# [WHAT TO DO]
Go through the data below and copy each line where the word "takes" occurs.

# [SOURCE INFORMATION]
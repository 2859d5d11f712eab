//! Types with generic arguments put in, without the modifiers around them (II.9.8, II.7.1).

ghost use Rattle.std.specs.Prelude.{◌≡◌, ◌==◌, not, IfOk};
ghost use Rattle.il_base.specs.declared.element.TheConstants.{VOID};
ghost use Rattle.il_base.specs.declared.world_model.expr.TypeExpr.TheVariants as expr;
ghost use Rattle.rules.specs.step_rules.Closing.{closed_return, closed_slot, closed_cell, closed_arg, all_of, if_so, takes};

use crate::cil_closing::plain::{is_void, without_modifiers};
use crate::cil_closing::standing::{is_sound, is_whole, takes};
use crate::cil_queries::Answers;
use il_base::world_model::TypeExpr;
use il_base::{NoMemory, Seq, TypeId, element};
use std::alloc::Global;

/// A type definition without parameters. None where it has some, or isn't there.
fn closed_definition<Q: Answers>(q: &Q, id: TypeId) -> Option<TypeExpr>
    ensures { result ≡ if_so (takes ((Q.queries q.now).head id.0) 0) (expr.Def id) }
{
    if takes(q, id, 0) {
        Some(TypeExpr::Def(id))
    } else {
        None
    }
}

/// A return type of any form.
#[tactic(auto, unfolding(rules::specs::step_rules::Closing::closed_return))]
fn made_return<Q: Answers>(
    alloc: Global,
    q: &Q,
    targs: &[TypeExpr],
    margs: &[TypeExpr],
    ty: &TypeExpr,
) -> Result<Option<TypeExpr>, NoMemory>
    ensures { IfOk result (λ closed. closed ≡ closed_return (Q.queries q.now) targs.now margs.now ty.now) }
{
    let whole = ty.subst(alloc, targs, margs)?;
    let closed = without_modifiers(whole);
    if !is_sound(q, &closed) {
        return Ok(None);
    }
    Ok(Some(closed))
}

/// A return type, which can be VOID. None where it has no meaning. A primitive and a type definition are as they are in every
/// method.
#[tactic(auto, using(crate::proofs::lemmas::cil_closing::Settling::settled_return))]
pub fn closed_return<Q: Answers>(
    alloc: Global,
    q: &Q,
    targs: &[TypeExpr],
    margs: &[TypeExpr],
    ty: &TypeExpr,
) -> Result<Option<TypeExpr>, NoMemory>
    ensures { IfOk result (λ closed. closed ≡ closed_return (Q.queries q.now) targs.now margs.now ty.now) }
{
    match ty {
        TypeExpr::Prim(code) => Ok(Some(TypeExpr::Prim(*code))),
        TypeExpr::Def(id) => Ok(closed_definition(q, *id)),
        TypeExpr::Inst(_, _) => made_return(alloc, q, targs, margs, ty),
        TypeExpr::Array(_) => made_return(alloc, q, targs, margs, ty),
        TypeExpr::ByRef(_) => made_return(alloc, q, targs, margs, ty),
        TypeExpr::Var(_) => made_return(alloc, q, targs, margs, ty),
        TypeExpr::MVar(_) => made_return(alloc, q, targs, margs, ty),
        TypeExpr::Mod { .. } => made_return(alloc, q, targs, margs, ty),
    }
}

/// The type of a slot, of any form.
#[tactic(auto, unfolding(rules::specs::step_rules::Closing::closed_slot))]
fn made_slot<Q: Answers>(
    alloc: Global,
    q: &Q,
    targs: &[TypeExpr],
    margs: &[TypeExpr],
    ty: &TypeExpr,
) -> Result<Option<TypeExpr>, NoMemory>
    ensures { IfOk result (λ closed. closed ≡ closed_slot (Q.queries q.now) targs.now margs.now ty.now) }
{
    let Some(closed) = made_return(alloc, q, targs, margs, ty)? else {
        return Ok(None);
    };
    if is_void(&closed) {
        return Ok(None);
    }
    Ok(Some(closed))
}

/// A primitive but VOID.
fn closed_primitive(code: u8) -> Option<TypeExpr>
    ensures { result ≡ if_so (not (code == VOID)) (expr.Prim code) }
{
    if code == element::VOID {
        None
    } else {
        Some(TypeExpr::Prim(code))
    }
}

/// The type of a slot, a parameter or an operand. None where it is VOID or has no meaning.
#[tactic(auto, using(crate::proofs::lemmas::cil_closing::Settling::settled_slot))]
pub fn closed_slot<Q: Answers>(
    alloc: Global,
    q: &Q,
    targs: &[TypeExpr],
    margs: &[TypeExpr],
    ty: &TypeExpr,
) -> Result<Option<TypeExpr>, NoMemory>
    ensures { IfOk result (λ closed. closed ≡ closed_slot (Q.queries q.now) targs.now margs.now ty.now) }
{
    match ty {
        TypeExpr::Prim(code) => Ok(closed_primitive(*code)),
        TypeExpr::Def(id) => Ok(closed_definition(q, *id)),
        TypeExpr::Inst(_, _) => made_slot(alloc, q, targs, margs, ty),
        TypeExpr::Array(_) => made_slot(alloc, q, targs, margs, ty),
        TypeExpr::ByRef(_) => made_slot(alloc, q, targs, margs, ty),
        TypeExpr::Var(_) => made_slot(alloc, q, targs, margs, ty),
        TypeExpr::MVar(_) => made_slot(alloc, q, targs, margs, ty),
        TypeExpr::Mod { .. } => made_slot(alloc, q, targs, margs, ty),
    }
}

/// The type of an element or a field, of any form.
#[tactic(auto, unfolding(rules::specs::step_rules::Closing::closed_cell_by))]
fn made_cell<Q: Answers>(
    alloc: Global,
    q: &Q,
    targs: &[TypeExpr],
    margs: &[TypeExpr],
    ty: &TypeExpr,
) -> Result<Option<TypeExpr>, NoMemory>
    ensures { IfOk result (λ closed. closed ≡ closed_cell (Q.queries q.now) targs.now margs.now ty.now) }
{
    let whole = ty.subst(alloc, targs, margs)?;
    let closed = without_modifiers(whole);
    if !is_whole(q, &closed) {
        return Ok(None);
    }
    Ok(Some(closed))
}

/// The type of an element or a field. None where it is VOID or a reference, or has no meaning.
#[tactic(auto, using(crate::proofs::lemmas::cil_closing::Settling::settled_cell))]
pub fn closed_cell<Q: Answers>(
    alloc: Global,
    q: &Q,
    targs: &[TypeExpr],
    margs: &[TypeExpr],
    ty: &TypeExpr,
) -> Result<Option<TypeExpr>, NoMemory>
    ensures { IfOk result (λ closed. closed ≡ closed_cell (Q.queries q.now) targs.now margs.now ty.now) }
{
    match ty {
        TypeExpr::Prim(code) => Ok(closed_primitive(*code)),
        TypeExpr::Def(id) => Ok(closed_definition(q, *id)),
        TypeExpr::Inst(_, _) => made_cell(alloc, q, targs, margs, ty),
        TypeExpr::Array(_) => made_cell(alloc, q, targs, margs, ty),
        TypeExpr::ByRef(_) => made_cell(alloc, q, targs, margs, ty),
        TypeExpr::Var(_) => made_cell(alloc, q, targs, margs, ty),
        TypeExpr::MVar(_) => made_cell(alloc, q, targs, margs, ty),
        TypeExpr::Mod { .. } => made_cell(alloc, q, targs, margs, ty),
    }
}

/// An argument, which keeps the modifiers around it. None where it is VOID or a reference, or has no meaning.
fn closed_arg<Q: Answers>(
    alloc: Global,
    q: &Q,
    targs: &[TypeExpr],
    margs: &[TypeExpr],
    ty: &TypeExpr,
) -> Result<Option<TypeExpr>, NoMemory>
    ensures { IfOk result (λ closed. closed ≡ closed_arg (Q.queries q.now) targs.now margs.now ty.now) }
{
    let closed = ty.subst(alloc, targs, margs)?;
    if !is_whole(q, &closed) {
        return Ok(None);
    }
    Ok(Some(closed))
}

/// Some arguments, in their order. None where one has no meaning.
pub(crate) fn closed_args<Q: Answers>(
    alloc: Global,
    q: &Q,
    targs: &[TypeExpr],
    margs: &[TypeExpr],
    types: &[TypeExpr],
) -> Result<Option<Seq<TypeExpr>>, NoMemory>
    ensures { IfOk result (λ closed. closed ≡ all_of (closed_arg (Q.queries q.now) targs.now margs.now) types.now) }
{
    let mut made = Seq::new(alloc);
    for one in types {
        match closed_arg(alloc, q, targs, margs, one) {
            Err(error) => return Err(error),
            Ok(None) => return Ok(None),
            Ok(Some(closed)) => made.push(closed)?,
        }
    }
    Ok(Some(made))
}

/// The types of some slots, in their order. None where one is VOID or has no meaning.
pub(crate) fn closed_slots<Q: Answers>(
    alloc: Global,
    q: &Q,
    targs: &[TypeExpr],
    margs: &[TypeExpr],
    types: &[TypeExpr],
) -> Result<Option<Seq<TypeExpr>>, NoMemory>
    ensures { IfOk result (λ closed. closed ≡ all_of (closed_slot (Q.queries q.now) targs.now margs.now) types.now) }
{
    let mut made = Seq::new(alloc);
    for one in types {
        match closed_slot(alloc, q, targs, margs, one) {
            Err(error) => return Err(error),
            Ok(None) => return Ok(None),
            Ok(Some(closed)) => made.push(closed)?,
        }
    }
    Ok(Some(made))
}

==

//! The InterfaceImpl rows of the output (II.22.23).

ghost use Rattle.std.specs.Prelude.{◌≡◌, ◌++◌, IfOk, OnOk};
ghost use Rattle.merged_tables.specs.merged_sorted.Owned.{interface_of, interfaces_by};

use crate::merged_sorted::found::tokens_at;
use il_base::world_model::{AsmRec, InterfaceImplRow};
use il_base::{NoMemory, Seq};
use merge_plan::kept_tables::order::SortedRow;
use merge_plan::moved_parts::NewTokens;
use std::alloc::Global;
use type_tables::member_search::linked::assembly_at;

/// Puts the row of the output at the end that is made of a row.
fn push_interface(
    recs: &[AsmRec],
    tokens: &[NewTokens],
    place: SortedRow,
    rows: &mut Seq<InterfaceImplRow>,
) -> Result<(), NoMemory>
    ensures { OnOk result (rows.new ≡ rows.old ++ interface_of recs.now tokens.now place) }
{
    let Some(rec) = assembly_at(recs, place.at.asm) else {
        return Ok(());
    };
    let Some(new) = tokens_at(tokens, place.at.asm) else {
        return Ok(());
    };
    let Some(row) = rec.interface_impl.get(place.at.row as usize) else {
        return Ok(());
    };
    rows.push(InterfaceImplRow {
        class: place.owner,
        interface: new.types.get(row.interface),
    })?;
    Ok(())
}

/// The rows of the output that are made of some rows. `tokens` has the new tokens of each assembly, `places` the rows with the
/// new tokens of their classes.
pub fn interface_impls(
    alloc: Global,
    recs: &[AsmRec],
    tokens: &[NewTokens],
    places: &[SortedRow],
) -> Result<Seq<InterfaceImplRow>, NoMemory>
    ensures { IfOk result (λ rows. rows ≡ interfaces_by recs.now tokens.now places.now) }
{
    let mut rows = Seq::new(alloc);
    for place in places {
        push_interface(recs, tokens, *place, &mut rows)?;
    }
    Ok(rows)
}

# [SOLUTION FOR THIS TASK]
ghost use Rattle.rules.specs.step_rules.Closing.{closed_return, closed_slot, closed_cell, closed_arg, all_of, if_so, takes};
use crate::cil_closing::standing::{is_sound, is_whole, takes};
    ensures { result ≡ if_so (takes ((Q.queries q.now).head id.0) 0) (expr.Def id) }
    if takes(q, id, 0) {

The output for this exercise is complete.